Sorry, but I'm not too impressed with this recent body of work by the GM and the folks who sign the paychecks. To me, Nashville's long-term roster picture has the makings of a real mess, even with Weber on board. But that's not the Flyers' concern.
The Flyers' concern is getting Weber to Philly. So why not go ahead and make a reasonable trade package to maximize the chance that it happens?

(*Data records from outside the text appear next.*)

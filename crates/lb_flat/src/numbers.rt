// The numbers of a function's variables.
ghost use Rattle.std.specs.Prelude.{◌≡◌, ◌<◌, ◌^◌, length};
ghost use Rattle.lb_syntax.specs.Names.{IsName};
ghost use Rattle.lb_flat.specs.Flattened.{place_in};

use lb_syntax::Name;
use std::alloc::{AllocError, Global};
use std::collections::BTreeMap;
use std::marker::Model;

/// Names, each once, in the order in which they come first. The number of each is its place.
#[derive(Drop)]
pub struct VariableNumbers<'a> {
    names: Vec<&'a [u8]>,
    numbers: BTreeMap<&'a [u8], usize>,
}

impl<'a> Model for VariableNumbers<'a> {
    ghost use Rattle.std.specs.Prelude.{List, map};
    ghost use Rattle.lb_syntax.specs.Names.{Text};
    ghost use Rattle.lb_flat.specs.InternalFlatten.{texts_of, AreTheirNumbers};

    ghost Value = { List Text };

    ghost view = { λ v. texts_of v.names.items };

    ghost invariant = { λ v. AreTheirNumbers v.numbers (texts_of v.names.items) };
}

impl<'a> VariableNumbers<'a> {
    ghost use Rattle.std.specs.Prelude.{◌≡◌, ◌<◌, ◌^◌, length, IfOk};
    ghost use Rattle.lb_syntax.specs.Names.{IsName, Text, is_among, AreDistinct};
    ghost use Rattle.lb_flat.specs.Flattened.{place_in};

    /// The numbers of these names.
    #[tactic(auto, using(crate::proofs::NumberLemmas::just_more, crate::proofs::NumberLemmas::just_same, crate::proofs::NumberLemmas::numbers_more))]
    pub fn new(alloc: Global, names: &'a [Name]) -> Result<VariableNumbers<'a>, AllocError>
        ensures distinct { IfOk result (λ made. AreDistinct made) }
        ensures same { IfOk result (λ made.
            (x : Text) → is_among made x ≡ is_among names.entry.now x) }
    {
        let mut made = Vec::new(alloc);
        let mut numbers = BTreeMap::new(alloc);
        for name in names {
            let bytes = name.as_bytes();
            if !numbers.contains_key(bytes) {
                numbers.insert(bytes, made.len())?;
                made.push(bytes)?;
            }
        }
        Ok(VariableNumbers {
            names: made,
            numbers,
        })
    }

    /// How many names there are.
    pub fn len(&self) -> usize
        ensures { result ≡ length self.now }
    {
        self.names.len()
    }

    /// The number of a name; how many there are for one that isn't there.
    pub fn number(&self, name: &Name) -> u32
        requires { length self.now < 2 ^ 32 }
        ensures value { result ≡ place_in self.now name.now }
        ensures is_name { IsName name.now }
    {
        match self.numbers.get(name.as_bytes()) {
            Some(number) => *number as u32,
            None => self.names.len() as u32,
        }
    }
}
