// Commands of one operation each, over registers and slots.
use crate::places::Place;
use lb_syntax::{Action, Op, Width};
use sqlite_items::Items;

/// A command of a placed function. Each `u8` is a register, each `slot` a slot of the running function.
#[cycle(placed)]
#[derive(Drop)]
pub enum PlacedCmd {
    /// Sets a register to a number.
    Literal {
        target: u8,
        value: u32,
    },
    /// Sets a register to the value of another one.
    Assign {
        target: u8,
        source: u8,
    },
    /// Sets a register to what an operation on two registers gives.
    Binary {
        op: Op,
        target: u8,
        left: u8,
        right: u8,
    },
    /// Sets a register to the bytes from an address on, the least significant first, taken without a sign.
    Load {
        width: Width,
        target: u8,
        address: u8,
    },
    /// Writes the low bytes of a value from an address on.
    Store {
        width: Width,
        address: u8,
        value: u8,
    },
    /// Runs the body with a block of this many bytes, whose address the target holds.
    StackAlloc {
        bytes: u32,
        target: u8,
        body: PlacedBlock,
    },
    /// Runs `yes` where the condition isn't zero, else `no`.
    If {
        condition: u8,
        yes: PlacedBlock,
        no: PlacedBlock,
    },
    /// Runs `before`, which computes the condition, and where that isn't zero, the body and all of this again.
    While {
        before: PlacedBlock,
        condition: u8,
        body: PlacedBlock,
    },
    /// Calls a function of the program, which has registers and slots of its own.
    Call {
        targets: Items<Place>,
        function: u32,
        arguments: Items<Place>,
    },
    /// Accesses a device.
    Interact {
        targets: Items<Place>,
        action: Action,
        arguments: Items<Place>,
    },
    /// Sets a register to the value of a slot.
    GetSlot {
        register: u8,
        slot: u32,
    },
    /// Sets a slot to the value of a register.
    PutSlot {
        slot: u32,
        register: u8,
    },
}

/// Commands that run one after another.
#[cycle(placed)]
#[derive(Drop)]
pub struct PlacedBlock {
    pub commands: Items<PlacedCmd>,
}

/// A function: its parameters are set when it starts, its results are read when it ends.
#[derive(Drop)]
pub struct PlacedFunction {
    /// How many slots its frame has: they are the numbers below.
    pub slots: u32,
    pub params: Items<Place>,
    pub results: Items<Place>,
    pub body: PlacedBlock,
}

/// A program, its functions numbered from 0 in text order.
#[derive(Drop)]
pub struct PlacedProgram {
    pub functions: Items<PlacedFunction>,
    /// The number of `init`, which runs once.
    pub init: u32,
    /// The number of `loop`, which then runs again and again.
    pub again: u32,
}
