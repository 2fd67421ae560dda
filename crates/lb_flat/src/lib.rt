//! The inner forms of the compiler: commands of one operation each over numbered variables, places for the
//! variables, and the same commands over registers and slots; what each form means and asks for.
#![tactic(auto)]

mod arguments;
mod flat;
mod flattening;
mod laws;
mod numbers;
mod placed;
mod places;
mod registers;
mod scope;

pub use flat::{FlatBlock, FlatCmd, FlatFunction, FlatProgram};
pub use flattening::flatten;
pub use laws::{accepted_places_keep, liveness_is_by_walks, registers_are};
pub use placed::{PlacedBlock, PlacedCmd, PlacedFunction, PlacedProgram};
pub use places::{FunctionPlaces, Place, Places};
pub use registers::{
    FIRST_SCRATCH_REGISTER, FIRST_VARIABLE_REGISTER, LAST_VARIABLE_REGISTER, MOST_SAVED,
    SECOND_SCRATCH_REGISTER,
};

Listen, the goal here shouldn't be to force the Predators to match the offer sheet simply to "prove a point" about how they are committed to competing with the big boys. The goal should be to strengthen the Flyers' hockey team with a Norris Trophy caliber defenseman and a group around Weber and Claude Giroux that has a substantial window of opportunity to win a Stanley Cup, whether immediately and/or in upcoming years.
Why risk a Nashville match -- whatever the financial arrangement on the other end to get to that point -- when there's a legitimate chance to make a deal both sides can justify? That arrangement would be one where Nashville would come away with decent immediate on-ice value and financial flexibility while Philly would come away with Weber and still have the cap space to plug a hole or two for next season.
I wouldn't exactly call it a win-win. It's more like a win (Philly) and cut-your-losses (Predators) scenario. But it was Nashville that left itself vulnerable here.